Frank Adae and Kwadwo Adae in front of Adae's portrait of Akosua Bemah Kumi. Lucy Gellman Photos.
“It is a luxury to have someone sitting in front of my easel, holding their face in time, and allowing me to capture their essence in the symphony of geometry, color, and shadows that make the face,” Adae has written in an accompanying artist’s statement.
One portrait stands apart from the others, asking a viewer to come closer. In it, Adae’s late grandmother Akosua Bemah Kumi smiles wide, a halo surrounding her bright, wrinkled cheeks. A vivid cotton dress hangs from her shoulders, the fabric printed with blooms of indigo, blocks of yellow and thin, undulating green lines. Wispy, light white clouds float across a blue expanse in the background. She seems to emit light itself, as if the artist has found a way to paint on both sides of the veil.
Like all of his work, the portrait tells a story of family, of lineage, and of faith itself. The mother to six boys of whom Adae’s father Frank was the oldest, Kumi lived in Ghana for her entire life, and was widowed as a young mother. For decades, she raised her children as a single mom and fierce matriarch, with a vibrating, steadfast energy that circulates through Adae still today. When she passed away a decade ago, “I wanted her to be in our lives still,” he said.
While he originally painted the work for his father, her death “was still too fresh” for Frank to have it in the house, he said. Adae found it a second home in his living room in Bethany, where she held court consistently until the installation at ConnCAT. When he looks at it, he said, he remembers how his ancestors live on through him and his sons each day. He is no longer the only artist in the family: his teenage son Kwasi is now a mural assistant and teaches classes at the downtown branch of the New Haven Free Public Library.
“I know that they’re dying in front of me really slowly, so I’m trying to capture the beauty of what I see and feel the flower. Feel its essence,” he said of his series Bloom. Lucy Gellman Photos.
Across the hallway from his portraits, Adae has turned a white-walled gallery into a garden with Bloom, still lives of flowers from eight long Connecticut winters. On one wall, orchids and delphinium flourish side by side, vivid in their shades of magenta, violet and lavender. In some places, the purple is the hue of a ripe eggplant, so deep it’s almost black. Beside them, pink orchids and thick, garnet-red chrysanthemums explode into color. A rosebud sits quietly across from them, as if it is contemplating its next move.
The paintings, which start in 2013 and go through 2021, come from Adae’s annual practice of painting flowers in the wintertime, when the bone-cracking New England cold "steals the color from the landscape," he said.

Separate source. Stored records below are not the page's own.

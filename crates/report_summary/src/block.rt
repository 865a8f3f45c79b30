//! The block on an entry point or a function.
ghost use Rattle.std.specs.Prelude.{IfOk, string_bytes};
ghost use Rattle.report_summary.specs.Summaries.{IsBlock};

use crate::body::Body;
use crate::detail::Detail;
use crate::flow::flow_lines;
use crate::globals::global_lines;
use crate::headings::heading;
use crate::pairs::pair_lines;
use crate::reached::reached_from;
use report_model::Analyzed;
use report_places::{function_of, place_of_body};
use shader_analysis::ModuleInfo;
use shader_arena::Handle;
use shader_info::FunctionInfo;
use shader_interface::ResourceBinding;
use shader_ir::{Module, mark};
use shader_uniformity::BodyLocation;
use std::alloc::{AllocError, Global};

/// What the blocks are printed with, and what each function of the module does.
#[derive(Drop)]
pub struct Checked<'a> {
    pub detail: Detail<'a>,
    pub functions: Vec<Body>,
}

/// Returns the info of a function, if there is one.
fn function_info(infos: &ModuleInfo, index: usize) -> Option<&FunctionInfo> {
    if index < infos.function_count() && index <= u32::MAX as usize {
        let handle: Handle<mark::Function> = Handle::from_index(index as u32);
        Some(&infos[handle])
    } else {
        None
    }
}

/// Returns the info of the function or entry point at a place, if there is one.
fn info_at(analyzed: &Analyzed, place: BodyLocation) -> Option<&FunctionInfo> {
    match analyzed.info() {
        Some(infos) => match place {
            BodyLocation::Function(index) => function_info(infos, index),
            BodyLocation::EntryPoint(index) => {
                if index < infos.entry_point_count() {
                    Some(infos.get_entry_point(index))
                } else {
                    None
                }
            }
        },
        None => None,
    }
}

/// Returns whether a place is an entry point.
fn is_entry_point(place: BodyLocation) -> bool {
    match place {
        BodyLocation::Function(_) => false,
        BodyLocation::EntryPoint(_) => true,
    }
}

/// Returns the lines on the global variables that the function at a place uses.
fn use_lines(
    alloc: Global,
    module: &Module,
    analyzed: &Analyzed,
    bindings: &[Option<ResourceBinding>],
    place: BodyLocation,
    shows_all: bool,
) -> Result<String, AllocError> {
    let Some(function) = function_of(module, &place_of_body(place)) else {
        return Ok(String::new(alloc));
    };
    let Some(info) = info_at(analyzed, place) else {
        return Ok(String::new(alloc));
    };
    let globals = global_lines(alloc, module, bindings, info, shows_all)?;
    let pairs = pair_lines(alloc, module, function, info, shows_all)?;
    format!(in alloc; "{globals}{pairs}")
}

/// Returns what the block on the entry point or function at a place says of it: what it uses and needs, at any depth of calls.
fn lines_of(
    alloc: Global,
    module: &Module,
    analyzed: &Analyzed,
    bindings: &[Option<ResourceBinding>],
    checked: &Checked<'_>,
    place: BodyLocation,
) -> Result<String, AllocError> {
    let detail = checked.detail;
    let uses = use_lines(alloc, module, analyzed, bindings, place, detail.shows_all)?;
    let reached = reached_from(alloc, module, checked.functions.as_slice(), place)?;
    let discards = if reached.discards {
        "  may discard\n"
    } else {
        ""
    };
    let flow = flow_lines(alloc, detail.rules, is_entry_point(place), &reached)?;
    format!(in alloc; "{uses}{discards}{flow}")
}

/// Returns the block on the entry point or function at a place: what it uses and needs, at any depth of calls, and then a reason.
pub fn block_of(
    alloc: Global,
    module: &Module,
    analyzed: &Analyzed,
    bindings: &[Option<ResourceBinding>],
    checked: &Checked<'_>,
    place: BodyLocation,
    reason: &str,
) -> Result<String, AllocError>
    ensures { IfOk result (λ text. IsBlock «module».now checked.now.detail.groups.now place reason.now (string_bytes text)) }
{
    let heading = heading(alloc, module, checked.detail.groups, place)?;
    let lines = lines_of(alloc, module, analyzed, bindings, checked, place)?;
    format!(in alloc; "{heading}{lines}{reason}")
}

Eight years ago, he started the series as the dark months descended on New Haven with their low-hanging gray skies and early, frost-bitten nights. At the time, his art school was still on Chapel Street, in the same large building that once held Breathing Room Yoga and a number of refurbished apartments for rent. Before dusk, he would walk the short distance to The Blossom Shop around the corner, and collect flowers that were on their way out.
ConnCAT President and CEO Genevive Walker, who praised the work at an opening last week. Lucy Gellman Photos.
The flowers were fleeting, but they lasted long enough for him to paint them, he said. When he moved his studio to State Street, he continued the practice.
"It's really important to me to be looking at beauty," he said. “I know that they’re dying in front of me really slowly, so I’m trying to capture the beauty of what I see and feel the flower. Feel its essence.”
They go hand-in-hand with the Kwadrilaterals, time-intensive works which appear to come from another dimension entirely. Thursday, several attendees lingered at the canvases, taking time to absorb each detail. In Number XXXVIII, it was as if Adae had opened a portal, its slick, pink insides extending out to infinity. At the front—that gentle tear in time and space—streams of purple, gold and oxblood red surged forward as if they had fingers. If a viewer stepped in they could see purple shapes rising from the frame, like the tiny suction cups that run along an octopus’ tentacle.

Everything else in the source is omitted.